The main thing that George Orwell, author of the book, 1984, got wrong is this: it's not the government that tracks your every move with the intention of controlling everything you do, it's big business. Corporations monitor everything you do with the intention of controlling everything you buy. 

I'm sometimes disappointed when the data gods don't work better than they do. Last year after we purchased a brand new TIVO system online, TIVO started sending me advertisements for TIVO systems. Wasn't it smart enough to figure out I'd just bought one? Why would I buy another one so soon? TIVO should wait a year and then push out the new ads.

But then the data harvest gets annoying. It's not enough that businesses passively collect our personal information and then swap and sell it to each other. Sometimes, they mandate it, as if they have a right to it.

PetSmart demands my email address every time I make a purchase. They already have my phone number. I use my credit card every time I shop there. What more do they need? But when I buy cat food, the check out clerk doesn't politely ask for my email address, she commands me to give it to her. The system actually won't process my purchase until she enters an email address.

I don't think it's the clerk's fault. She's just taking orders from above. Yet she must suffer my ire when I continue to refuse to give my email to her. I imagine "Corporate" thinks I'll just give in and surrender it, but at this point I'm feeling stubborn. I'll be damned if I'm going to be pressured into giving up any more personal information. It doesn't matter that every other company in the world, from Microsoft to the neighborhood ice cream shop, already has my email address. I'm not giving it to PetSmart.

To complete the transaction, both of us near tears and all of the people behind me in line getting agitated, the PetSmart clerk finally types in a fake email address (noname@noname.com) so the transaction will complete and I can take my cat food home.
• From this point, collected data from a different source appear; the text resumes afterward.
//! The fleet: which events are refused, and what each accepted event comes to.
ghost use Rattle.std.specs.Prelude.{◌≡◌, ◌≤◌, ◌<◌, ◌^◌, ℕ, List, [], length, replicate, false, ◌+◌, ◌++◌, option_to_list, option_map, IsTrue, Some, None, Err, IfOk, IfErr, IfSome, OnOk};
ghost use Rattle.std.specs.Result.{result_ok};
ghost use Rattle.std.specs.Vec.{vec_capacity};
ghost use Rattle.sd_plan.specs.topo.Topologies.{network};
ghost use Rattle.sd_sched.specs.Events.{device_of};
ghost use Rattle.sd_sched.specs.declared.Event.TheVariants as events_of;
ghost use Rattle.sd_sched.specs.Spelled.{is_within};
ghost use Rattle.sd_history.specs.World.{Setting, is_up as is_up_seen, is_counted as is_counted_seen};
ghost use Rattle.sd_history.specs.Steps.{seen_of, parent_in, acts_in};
ghost use Rattle.sd_history.specs.Nodes.{NodeStep, steps_of};
ghost use Rattle.sd_history.specs.Refusals.{refusal as refusal_of};
ghost use Rattle.sd_history.specs.flights.Flights.{look_in};
ghost use Rattle.sd_world.specs.membership.Plans.{AreSound};
ghost use Rattle.sd_fleet.specs.Causes.{refusal_in};
ghost use Rattle.sd_fleet.specs.Doing.{act_in};
ghost use Rattle.sd_fleet.specs.Nodes.{node_at, Acts};
ghost use Rattle.sd_fleet.specs.Room.{ends_in, most_sent_of, most_sent_in};
ghost use Rattle.sd_fleet.specs.Sound.{IsSound};
ghost use Rattle.sd_fleet.specs.Stepping.{OnlyRoomGrew, outcome_resting};
ghost use Rattle.sd_fleet.specs.Staying.{StaysAt};
ghost use Rattle.sd_fleet.specs.Keeping.{outcome_keeping};
ghost use Rattle.sd_fleet.specs.Calling.{IsLimited};
ghost use Rattle.sd_fleet.specs.Bounds.{AreNodes, context_of};

use crate::nodes::{CallContext, ask_at, call_at, place, rests_at};
use crate::quick_calls::{emit_at, hear_at, keeps_at_messages, keeps_at_ticks};
use crate::{ApplyFault, Call, Fabric, Outcome, Reply, Sent};
use sd_device::Node;
use sd_device::msg::{Flight, TakeFault};
use sd_num::NoMemory;
use sd_plan::Plan;
use sd_plan::topo::Topology;
use sd_sched::Event;
use sd_world::world::World;
use std::alloc::Global;

/// All devices of a fabric, each a node of one kind, driven event by event.
///
/// An event costs what its own device and its messages cost, and over many events a little for each
/// message that was spent meanwhile. A stage goes over all devices, once for each plan.
#[derive(Drop)]
pub struct Fleet<N: Node> {
    fabric: Fabric,
    /// By device, since it was last made; one that failed stays until it is made again.
    nodes: Vec<Option<N>>,
    ghost are_nodes: { AreNodes N.Node fabric nodes.items },
}

/// What came of a receipt after which its device answers as before.
#[derive(Clone, Copy, Debug, PartialEq, Eq)]
pub struct Heard {
    /// The flight that was received.
    pub flight: Flight,
    pub sent: Sent,
}

/// A place without a node for each device.
#[tactic(auto, using(crate::proofs::Applying::replicate_more))]
fn no_nodes<N: Node>(alloc: Global, devices: u32) -> Result<Vec<Option<N>>, NoMemory>
    ensures { IfOk result (λ nodes. nodes.items ≡ replicate devices None) }
{
    let mut nodes = Vec::new(alloc);
    for _ in 0..devices {
        let Ok(()) = nodes.push(None) else {
            return Err(NoMemory);
        };
    }
    Ok(nodes)
}

/// The context of an event.
fn context_at(fabric: &Fabric, event: &Event) -> CallContext
    requires { IfSome (device_of event.now) (λ d. d < length fabric.now.net.devices) }
    ensures context { result ≡ context_of fabric.now event.now }
    ensures sound { IsSound fabric.now }
{
    let world = fabric.world();
    CallContext {
        given: fabric.given(event),
        events: world.events(),
        reading: match event.device() {
            Some(d) => world.reading(d),
            None => 0,
        },
    }
}

/// The context of a call of a device.
#[inline(always)]
fn context_of_call(fabric: &Fabric, d: u32) -> CallContext
    requires { d < length fabric.now.net.devices }
    ensures context { result ≡ context_of fabric.now (events_of.Tick 0 d 0) }
    ensures sound { IsSound fabric.now }
{
    let world = fabric.world();
    CallContext {
        given: fabric.given_to(d),
        events: world.events(),
        reading: world.reading(d),
    }
}

/// Makes, calls or asks the device that an event names, and tells what it replies.
fn address<N: Node>(fabric: &Fabric, nodes: &mut [Option<N>], event: &Event) -> Reply
    requires within { IsTrue (is_within event.now) }
    requires accepted { refusal_in fabric.now event.now ≡ None }
    requires nodes { AreNodes N.Node fabric.now nodes.old }
    ensures acts { Acts N.Node nodes.old (act_in fabric.now event.now)
        (context_of fabric.now event.now) result nodes.new }
    ensures sound { IsSound fabric.now }
{
    let context = context_at(fabric, event);
    match *event {
        Event::Start {
            device,
            counter,
            clock,
            eps,
            ..
        } => {
            let duty = fabric.duty(device);
            place(nodes, device, N::start(*duty, counter, clock, eps))
        }
        Event::Join {
            device,
            counter,
            clock,
            eps,
            ..
        } => {
            let rates = fabric.rates(device);
            place(nodes, device, N::join(rates, counter, clock, eps))
        }
        Event::Tick {
            device,
            counter,
            ..
        } => call_at(nodes, device, &Call::Tick { counter }, &context),
        Event::Recv {
            device,
            counter,
            message,
            ..
        } => {
            let Ok(flight) = fabric.flight(message) else {
                return Reply::nothing();
            };
            let call = Call::Receive {
                link: flight.link,
                message: &flight.message,
                counter,
            };
            call_at(nodes, device, &call, &context)
        }
        Event::Fix {
            device,
            counter,
            clock,
            eps,
            ..
        } => {
            let call = Call::Fix {
                counter,
                clock,
                eps,
            };
            call_at(nodes, device, &call, &context)
        }
        Event::Give { device, .. } => {
            let duty = fabric.staged_duty(device);
            call_at(nodes, device, &Call::Give { duty }, &context)
        }
        Event::Commit {
            device,
            counter,
            ..
        } => call_at(nodes, device, &Call::Commit { counter }, &context),
        Event::Seal { device, .. } => call_at(nodes, device, &Call::Seal, &context),
        Event::Ask {
            device,
            counter,
            ..
        } => ask_at(nodes, device, counter, &context),
        _ => Reply::nothing(),
    }
}
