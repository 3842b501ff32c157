//! Placing over topologies that are read.
ghost use Rattle.std.specs.Prelude.{IfOk};
ghost use Rattle.sd_plan.specs.topo.Topologies.{network};
ghost use Rattle.sd_planner.specs.Absences.{IsAbsentOf};

use sd_plan::topo::Topology;
use sd_plan::{Absent, DeviceList};
use sd_planner::{Neighbour, Placed, Present, backup_root_of, place};
use sd_test_examples::{FABRIC, topology_of};
use std::alloc::Global;
use std::process::Abort;
use std::test::Fail;

/// r, b, w, x, u (0 to 4), y and z of the backup side (5, 6), and far and off (7, 8), which no link
/// joins to the others.
const SIDES: &str =
    "version = 2\nppm = 200\ngrain = 1000\nperiod = 100000000\ntick = 10000000\nloss = 1\ndepth = 8\nroots = [\"r\", \"b\"]\n[[device]]\nname = \"r\"\nside = \"root\"\n[[device]]\nname = \"b\"\nside = \"root\"\n[[device]]\nname = \"w\"\nside = \"root\"\n[[device]]\nname = \"x\"\nside = \"root\"\n[[device]]\nname = \"u\"\nside = \"root\"\n[[device]]\nname = \"y\"\nside = \"backup\"\n[[device]]\nname = \"z\"\nside = \"backup\"\n[[device]]\nname = \"far\"\nside = \"root\"\n[[device]]\nname = \"off\"\nside = \"root\"\n[[link]]\nname = \"rx\"\nends = [\"r\", \"x\"]\nmin = 400000\nmax = 1000000\n[[link]]\nname = \"xw\"\nends = [\"x\", \"w\"]\nmin = 400000\nmax = 1000000\n[[link]]\nname = \"wb\"\nends = [\"w\", \"b\"]\nmin = 400000\nmax = 1000000\n[[link]]\nname = \"xb\"\nends = [\"x\", \"b\"]\nmin = 400000\nmax = 1000000\n[[link]]\nname = \"zu\"\nends = [\"z\", \"u\"]\nmin = 400000\nmax = 1000000\n[[link]]\nname = \"yu\"\nends = [\"y\", \"u\"]\nmin = 400000\nmax = 1000000\n[[link]]\nname = \"by\"\nends = [\"b\", \"y\"]\nmin = 400000\nmax = 1000000\n[[link]]\nname = \"by2\"\nends = [\"y\", \"b\"]\nmin = 400000\nmax = 1000000\n[[link]]\nname = \"yz\"\nends = [\"y\", \"z\"]\nmin = 400000\nmax = 1000000\n[[link]]\nname = \"ry\"\nends = [\"r\", \"y\"]\nmin = 400000\nmax = 1000000\n[[link]]\nname = \"pair\"\nends = [\"far\", \"off\"]\nmin = 400000\nmax = 1000000\n";

/// Nothing is absent.
pub(super) fn all_there(alloc: Global, topo: &Topology) -> Absent
    ensures { IsAbsentOf (network topo.now) result }
{
    let _ = topo.devices();
    Absent {
        devices: DeviceList::new(alloc),
        links: DeviceList::new(alloc),
    }
}

/// One device is absent.
fn all_but(rt: &(impl Abort + AllocGlobal), topo: &Topology, d: u32) -> Result<Absent, Fail>
    ensures { IfOk result (IsAbsentOf (network topo.now)) }
{
    assert!(rt; d < topo.devices());
    let mut devices = DeviceList::new(rt.alloc());
    devices.push(rt.alloc(), d)?;
    Ok(Absent {
        devices,
        links: DeviceList::new(rt.alloc()),
    })
}

/// The placed devices in their order, each as `DEVICE/DEPTH<PARENT:LINK`.
fn shown(alloc: Global, order: &[Placed]) -> Result<String, Fail> {
    let mut text = String::new(alloc);
    for placed in order {
        let (device, depth) = (placed.device, placed.depth);
        text.push_str(format!(in alloc; " {device}/{depth}")?.as_str())?;
        if let Some(hop) = placed.hop {
            let (parent, link) = (hop.parent, hop.link);
            text.push_str(format!(in alloc; "<{parent}:{link}")?.as_str())?;
        }
    }
    Ok(text)
}

/// The order from a root, shown.
fn order_of(rt: &(impl Abort + AllocGlobal), present: &Present, root: u32) -> Result<String, Fail> {
    assert!(rt; root < present.topo.devices());
    let placement = place(rt.alloc(), present, root)?;
    shown(rt.alloc(), placement.order())
}

/// A neighbour.
fn over(device: u32, link: u32) -> Neighbour {
    Neighbour { device, link }
}

fn assert_fabric(rt: &(impl Abort + AllocGlobal), present: &Present) -> Result<(), Fail> {
    assert_eq!(rt; backup_root_of(present, 0), 1);
    let order = order_of(rt, present, 0)?;
    assert_eq!(rt; order.as_str(), " 0/0 2/1<0:0 3/1<0:1 4/1<0:2 1/2<2:3");
    Ok(())
}

#[test]
fn the_fabric(rt: HostRuntime) -> Result<(), Fail> {
    let topo = topology_of(rt.alloc(), FABRIC)?;
    let absent = all_there(rt.alloc(), &topo);
    let present = Present::new(rt.alloc(), &topo, &absent)?;
    assert_fabric(&rt, &present)
}

fn assert_sides(rt: &(impl Abort + AllocGlobal), present: &Present) -> Result<(), Fail> {
    assert!(rt; present.topo.devices() == 9);
    assert!(rt; present.takes_part(1));
    let of_b = [over(2, 2), over(3, 3), over(5, 6), over(5, 7)];
    assert_eq!(rt; present.neighbours_of(1), of_b.as_slice());
    let order = order_of(rt, present, 0)?;
    assert_eq!(rt;
        order.as_str(),
        " 0/0 3/1<0:0 2/2<3:1 1/2<3:3 5/3<1:6 6/4<5:8 4/4<5:5"
    );
    Ok(())
}

#[test]
fn both_sides_and_what_is_left(rt: HostRuntime) -> Result<(), Fail> {
    let topo = topology_of(rt.alloc(), SIDES)?;
    let absent = all_there(rt.alloc(), &topo);
    let present = Present::new(rt.alloc(), &topo, &absent)?;
    assert_sides(&rt, &present)
}

/// The backup root and the order where one device is absent.
fn assert_without(
    rt: &(impl Abort + AllocGlobal),
    topo: &Topology,
    absent: u32,
    due: (u32, &str),
) -> Result<(), Fail> {
    let (backup_root, wanted) = due;
    let absent = all_but(rt, topo, absent)?;
    let present = Present::new(rt.alloc(), topo, &absent)?;
    assert_eq!(rt; backup_root_of(&present, 0), backup_root);
    let order = order_of(rt, &present, 0)?;
    assert_eq!(rt; order.as_str(), wanted);
    Ok(())
}

#[test]
fn what_is_absent(rt: HostRuntime) -> Result<(), Fail> {
    let topo = topology_of(rt.alloc(), SIDES)?;
    assert_without(&rt, &topo, 0, (1, ""))?;
    let without_backup_root = " 0/0 3/1<0:0 2/2<3:1 5/1<0:9 4/2<5:5 6/2<5:8";
    assert_without(&rt, &topo, 1, (0, without_backup_root))
}
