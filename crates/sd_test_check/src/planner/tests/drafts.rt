//! Drafts that differ in one row are counted as drafts that are counted anew.
use crate::planner::tests::places::all_there;
use sd_plan::Hop;
use sd_planner::Neighbour;
use sd_search::draft::{Change, Draft, Greedy, Ground, Pair, Parallel, Tally};
use sd_test_examples::topology_of;
use std::process::Abort;
use std::test::Fail;

/// Eight devices in a ring with chords, and two listed domains.
const MESH: &str =
    "version = 2\nppm = 200\ngrain = 1000\nperiod = 100000000\ntick = 10000000\nloss = 1\ndepth = 8\nroots = [\"a\", \"c\", \"e\"]\n[[device]]\nname = \"a\"\n[[device]]\nname = \"b\"\n[[device]]\nname = \"c\"\n[[device]]\nname = \"d\"\n[[device]]\nname = \"e\"\n[[device]]\nname = \"f\"\n[[device]]\nname = \"g\"\n[[device]]\nname = \"h\"\n[[link]]\nname = \"ab\"\nends = [\"a\", \"b\"]\nmin = 400000\nmax = 1000000\n[[link]]\nname = \"bc\"\nends = [\"b\", \"c\"]\nmin = 400000\nmax = 1000000\n[[link]]\nname = \"cd\"\nends = [\"c\", \"d\"]\nmin = 400000\nmax = 1000000\n[[link]]\nname = \"de\"\nends = [\"d\", \"e\"]\nmin = 400000\nmax = 1000000\n[[link]]\nname = \"ef\"\nends = [\"e\", \"f\"]\nmin = 400000\nmax = 1000000\n[[link]]\nname = \"fg\"\nends = [\"f\", \"g\"]\nmin = 400000\nmax = 1000000\n[[link]]\nname = \"gh\"\nends = [\"g\", \"h\"]\nmin = 400000\nmax = 1000000\n[[link]]\nname = \"ha\"\nends = [\"h\", \"a\"]\nmin = 400000\nmax = 1000000\n[[link]]\nname = \"ae\"\nends = [\"a\", \"e\"]\nmin = 400000\nmax = 1000000\n[[link]]\nname = \"bf\"\nends = [\"b\", \"f\"]\nmin = 400000\nmax = 1000000\n[[link]]\nname = \"cg\"\nends = [\"c\", \"g\"]\nmin = 400000\nmax = 1000000\n[[link]]\nname = \"dh\"\nends = [\"d\", \"h\"]\nmin = 400000\nmax = 1000000\n[[link]]\nname = \"ac\"\nends = [\"a\", \"c\"]\nmin = 400000\nmax = 1000000\n[[domain]]\nname = \"rack\"\ndevices = [\"b\", \"f\"]\nlinks = [\"gh\"]\n[[domain]]\nname = \"tray\"\nlinks = [\"ae\", \"cg\"]\n";

/// A draft with another row of one device: by an even turn another primary, by an odd one another
/// backup.
fn change(ground: &Ground<'_>, draft: &mut Draft, d: u32, turn: u32) {
    let neighbours: &[Neighbour] = ground.neighbours(d);
    if neighbours.is_empty() || d == draft.root {
        return;
    }
    let to = neighbours[turn as usize / 2 % neighbours.len()];
    let hop = Hop {
        parent: to.device,
        link: to.link,
    };
    if turn % 2 == 0 {
        if !draft.leads_over(hop.parent, d, 8) {
            draft.set_primary(d, hop);
        }
    } else {
        draft.set_backup(d, Some(hop));
    }
}

#[test]
fn a_changed_row_counts_as_all_rows(rt: HostRuntime) -> Result<(), Fail> {
    let alloc = rt.alloc();
    let topo = topology_of(alloc, MESH)?;
    let absent = all_there(alloc, &topo);
    let ground = Ground::new(alloc, &topo, &absent)?;
    let mut greedy = Greedy::new(alloc, &ground)?;
    let pair = Pair {
        root: 0,
        backup_root: 2,
    };
    let mut here = greedy.draft(alloc, &ground, pair, Parallel::Never)?;
    let mut tally = Tally::new(alloc, &ground)?;
    let mut anew = Tally::new(alloc, &ground)?;
    let mut kept = tally.count(&ground, &here, &here, Change::All, u64::MAX)?;
    tally.keep();
    let mut next = here.copy(alloc)?;
    for turn in 0..400_u32 {
        let d = turn * 5 % 8;
        next.copy_from(&here);
        change(&ground, &mut next, d, turn);
        let changed = tally.count(&ground, &here, &next, Change::Row(d), u64::MAX)?;
        let whole = anew.count(&ground, &next, &next, Change::All, u64::MAX)?;
        assert_eq!(rt; changed, whole);
        if changed <= kept || turn % 7 == 0 {
            tally.keep();
            here.copy_from(&next);
            kept = changed;
        }
    }
    // past a limit, what is told lies above it
    let told = anew.count(&ground, &here, &here, Change::All, 0)?;
    assert_eq!(rt; told > 0, kept > 0);
    assert!(rt; told <= kept);
    Ok(())
}
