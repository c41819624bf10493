// Serving over acceptors in memory.
ghost use Rattle.std.specs.Prelude.{◌≡◌, [], length, vec_len, All, IfOk};
ghost use Rattle.serve_loops.specs.MemListeners.{accepted_by};

use super::keepers::{has_day, kept_as, new_keeper};
use day_plan::Plan;
use keep_office::MemKeeper;
use road_io::MemLink;
use road_time::{Limits, NoMemory};
use serve_board::{
    BoardHistory, BoardNaming, NamedBoard, NamedHistory, NamedReader, NamedWriter, named_board,
};
use serve_desk::{Kept, Naming, Opened, Routes, Seat};
use serve_top::{Acceptor, Acceptors, DeskCrew, MemListener, ServeEnd, serve};
use std::alloc::Global;
use std::marker::Brand;
use std::sync::Wait;
use std::thread::Threads;
use ways_crews::{InlineCrew, NoGate, ThreadCrew};

const EMPTY_DAY: &[u8] = b"POST /days/100 HTTP/1.1\r\nContent-Length: 0\r\n\r\n";

const KEPT_DAY: &[u8] = b"GET /days/100 HTTP/1.1\r\n\r\n";

/// Each day's work is done by four workers, in no drawn order.
const PLAN: Plan = Plan {
    width: 4,
    turns: None,
};

/// A listener of a POST of an empty day, and then of requests for it.
fn listener_of(alloc: Global, links: u8) -> Result<MemListener, NoMemory>
    ensures { IfOk result (λ l. accepted_by l ≡ 0) }
{
    let mut all = Vec::new(alloc);
    all.push(MemLink::new(alloc, EMPTY_DAY, 100, 1000, &[])?)?;
    for _ in 1..links {
        all.push(MemLink::new(alloc, KEPT_DAY, 100, 1000, &[])?)?;
    }
    MemListener::new(alloc, all, &[])
}

/// An acceptor for each reader, at what the keeper is now, each with such a listener.
fn acceptors_of<J: Naming + BoardNaming>(
    alloc: Global,
    kept: &Kept<J, MemKeeper>,
    mut readers: Vec<NamedReader<J>>,
    links: u8,
) -> Result<Acceptors<MemListener, Seat<J, MemKeeper>>, NoMemory>
    ensures len { IfOk result (λ acceptors. length acceptors ≡ vec_len readers) }
    ensures unused { IfOk result (λ acceptors. All (λ acceptor. accepted_by acceptor.listener ≡ 0) acceptors) }
{
    let mut acceptors = Vec::new(alloc);
    while let Some(reader) = readers.pop() {
        acceptors.push(Acceptor {
            listener: listener_of(alloc, links)?,
            reader: kept.seat(reader),
            failed: true,
        })?;
    }
    Ok(Acceptors::from_vec(acceptors))
}

/// How serving so many sessions ends, over acceptors of so many links each, and whether day 100 is kept then.
fn serve_links<
    J: Naming + BoardNaming + Send + Sync,
    R: Threads + Wait + Drop + Copy + Send + Sync,
    C: DeskCrew<Kept<J, MemKeeper>, NamedWriter<J, R>, NamedReader<J>, Seat<J, MemKeeper>, R>
        + Drop,
>(
    rt: R,
    alloc: Global,
    crew: C,
    history: NamedHistory<J>,
    kept: Kept<J, MemKeeper>,
    acceptors: u8,
    links: u8,
    sessions: u64,
) -> Result<(ServeEnd, bool), NoMemory>
    requires { C.out crew ≡ [] }
{
    let routes = Routes::new(alloc)?;
    let NamedBoard { writer, readers } = named_board(rt, alloc, history, acceptors.clamp(1, 64))?;
    let mut acceptors = acceptors_of(alloc, &kept, readers.into_vec(), links)?;
    let desk = crew.share(rt, kept, writer, PLAN, Limits::DAY, routes);
    let end = serve(&rt, alloc, &mut acceptors, &desk, sessions);
    Ok((end, has_day(C::end(desk))))
}

/// The same of a desk that runs each job as it is started.
fn serve_inline<
    J: Naming + BoardNaming + Send + Sync,
    R: Threads + Wait + Drop + Copy + Send + Sync,
>(
    rt: R,
    alloc: Global,
    history: BoardHistory,
    opened: Opened<MemKeeper>,
    acceptors: u8,
    links: u8,
    sessions: u64,
) -> Result<(ServeEnd, bool), NoMemory>
    requires named { history ≡ J.board }
    requires book { opened.seen.book ≡ J.book }
{
    let crew = InlineCrew::new(alloc, false);
    serve_links(
        rt,
        alloc,
        crew,
        history.named::<J>(),
        kept_as::<J>(opened),
        acceptors,
        links,
        sessions,
    )
}

/// The same of a new keeper.
fn serve_new<R: Threads + Wait + Drop + Copy + Send + Sync>(
    rt: R,
    alloc: Global,
    acceptors: u8,
    links: u8,
    sessions: u64,
) -> Result<(ServeEnd, bool), NoMemory> {
    let opened = new_keeper(alloc, &[])?;
    let history = BoardHistory::new();
    serve_inline::<Brand, R>(rt, alloc, history, opened, acceptors, links, sessions)
}

/// Acceptors accept as many connections as there are sessions, whichever acceptor comes first; where a listener has none left,
/// that is told. What was posted is kept in each case.
#[test]
fn acceptors_share_the_sessions(rt: HostRuntime) -> Result<(), NoMemory> {
    let alloc = rt.alloc();
    let rows = [
        (1, 1, 1, ServeEnd::Served),
        (1, 1, 2, ServeEnd::ListenFault),
        (1, 2, 2, ServeEnd::Served),
        (1, 2, 3, ServeEnd::ListenFault),
        (2, 3, 3, ServeEnd::Served),
        (2, 1, 3, ServeEnd::ListenFault),
    ];
    for (acceptors, links, sessions, end) in rows {
        let came = serve_new(rt, alloc, acceptors, links, sessions)?;
        assert_eq!(rt;
            came,
            (end, true),
            "{acceptors} acceptors of {links} links, {sessions} sessions"
        );
    }
    Ok(())
}

/// The same of two acceptors of three links each, with a thread for each job.
fn serve_by_threads<
    J: Naming + BoardNaming + Send + Sync,
    R: Threads + Wait + Drop + Copy + Send + Sync,
>(
    rt: R,
    alloc: Global,
    history: BoardHistory,
    opened: Opened<MemKeeper>,
) -> Result<(ServeEnd, bool), NoMemory>
    requires named { history ≡ J.board }
    requires book { opened.seen.book ≡ J.book }
{
    let crew = ThreadCrew::new(rt, alloc, NoGate);
    serve_links(
        rt,
        alloc,
        crew,
        history.named::<J>(),
        kept_as::<J>(opened),
        2,
        3,
        3,
    )
}

/// So it is where each job has a thread.
#[test]
fn jobs_may_have_threads(rt: HostRuntime) -> Result<(), NoMemory> {
    let alloc = rt.alloc();
    let opened = new_keeper(alloc, &[])?;
    let came = serve_by_threads::<Brand, _>(rt, alloc, BoardHistory::new(), opened)?;
    assert_eq!(rt; came, (ServeEnd::Served, true));
    Ok(())
}
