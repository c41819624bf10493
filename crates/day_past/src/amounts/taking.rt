// Amounts are taken one by one, and the ones above zero are kept in order.
ghost use Rattle.std.specs.Prelude.{◌≡◌, ◌<◌, ◌^◌, [], ℕ, List, IfOk, OnOk, IsTrue, false, nat_lt, length};
ghost use Rattle.std.specs.List.{filter};
ghost use Rattle.road_time.specs.declared.day.SpentRow.{SpentRow as SpentRowValue};
ghost use Rattle.keep_office.specs.Office.{RowsRise};
ghost use Rattle.day_past.specs.Rows.{HasRows, IsPastRow, TakesAmount, rows_in};

use super::keyed::{above_zero, is_behind, listed, mapped};
use super::{Amounts, Key};
use road_time::{NoMemory, SpentRow};
use std::alloc::Global;
use std::collections::BTreeMap;

impl Amounts {
    /// No amount was taken.
    pub fn new(alloc: Global) -> Self
        ensures { (base : ℕ) → HasRows result base [] }
    {
        Amounts {
            alloc,
            rising: Vec::new(alloc),
            by_key: BTreeMap::new(alloc),
            is_rising: true,
        }
    }

    /// Takes an amount into the map.
    fn take_by_key(&mut self, row: &SpentRow) -> Result<bool, NoMemory>
        requires { self.old.is_rising ≡ false }
        ensures { IfOk result (λ new. (base : ℕ) (rows : List SpentRowValue) → IsPastRow base row.now
            → HasRows self.old base rows → TakesAmount new self.new base rows row.now) }
    {
        let key = Key {
            day: row.day,
            vid: row.vid,
            xway: row.xway,
        };
        match self.by_key.insert(key, row.tolls) {
            Ok(Some(_)) => Ok(false),
            Ok(None) => Ok(true),
            Err(_) => Err(NoMemory),
        }
    }

    /// Puts the amounts of the list into the map.
    fn leave_list(&mut self) -> Result<(), NoMemory>
        requires { IsTrue self.old.is_rising }
        ensures left { OnOk result (self.new.is_rising ≡ false) }
        ensures same { OnOk result ((base : ℕ) (rows : List SpentRowValue) → HasRows self.old base rows
            → HasRows self.new base rows) }
    {
        let by_key = mapped(self.alloc, self.rising.as_slice())?;
        self.by_key = by_key;
        self.rising = Vec::new(self.alloc);
        self.is_rising = false;
        Ok(())
    }

    /// Takes an amount; false where one of its vehicle, day and expressway was taken before. Nothing is told of the
    /// amounts after that.
    pub fn take(&mut self, row: &SpentRow) -> Result<bool, NoMemory>
        ensures { IfOk result (λ new. (base : ℕ) (rows : List SpentRowValue) → IsPastRow base row.now
            → HasRows self.old base rows → TakesAmount new self.new base rows row.now) }
    {
        if !self.is_rising {
            return self.take_by_key(row);
        }
        if is_behind(self.rising.as_slice(), row) {
            let Ok(()) = self.rising.push(*row) else {
                return Err(NoMemory);
            };
            return Ok(true);
        }
        let Ok(()) = self.leave_list() else {
            return Err(NoMemory);
        };
        match self.take_by_key(row) {
            Ok(new) => Ok(new),
            Err(fault) => Err(fault),
        }
    }

    /// The amounts above zero, in order.
    pub fn kept(self) -> Result<Vec<SpentRow>, NoMemory>
        ensures value { IfOk result (λ kept. kept.items ≡ filter (λ r. nat_lt 0 r.tolls) (rows_in self)) }
        ensures rise { IfOk result (λ kept. RowsRise kept.items) }
        ensures few { IfOk result (λ kept. length kept.items < 2 ^ 63) }
    {
        let Amounts {
            alloc,
            rising,
            by_key,
            is_rising,
        } = self;
        if is_rising {
            return Ok(above_zero(rising));
        }
        match listed(alloc, &by_key) {
            Ok(rows) => Ok(rows),
            Err(fault) => Err(fault),
        }
    }
}
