// A keeper in memory, beside its history. The calls that name its type stand here once: each is dear to prove.
ghost use Rattle.std.specs.Prelude.{◌≡◌};

use keep_office::{Keeper, MemKeeper};
use road_time::NoMemory;
use serve_desk::{Kept, Naming, Opened};
use std::alloc::Global;

/// A new one, which fails at these calls, with its history.
pub fn new_keeper(alloc: Global, fails: &[u32]) -> Result<Opened<MemKeeper>, NoMemory> {
    let keeper = MemKeeper::new(alloc, fails)?;
    Ok(Opened::new(keeper))
}

/// It, under the name of its history.
pub fn kept_as<J: Naming>(opened: Opened<MemKeeper>) -> Kept<J, MemKeeper>
    requires book { opened.seen.book ≡ J.book }
{
    opened.named::<J>()
}

/// Whether it has day 100, at last.
pub fn has_day<J: Naming>(kept: Kept<J, MemKeeper>) -> bool {
    let mut keeper = kept.into_keeper();
    matches!(keeper.day(100), Ok(Some(_)))
}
I've shopped at PetSmart for years. I am a loyal customer. I appreciate their partnership with shelters to promote adoption of homeless animals. But this is ridiculous. I wonder if PetCo requires an email address when you make a purchase.

Your data is out there no matter what. To fight it is exhausting and probably futile. In addition to the physical "you" there's a data "you" and there's not a thing either of you can do about it.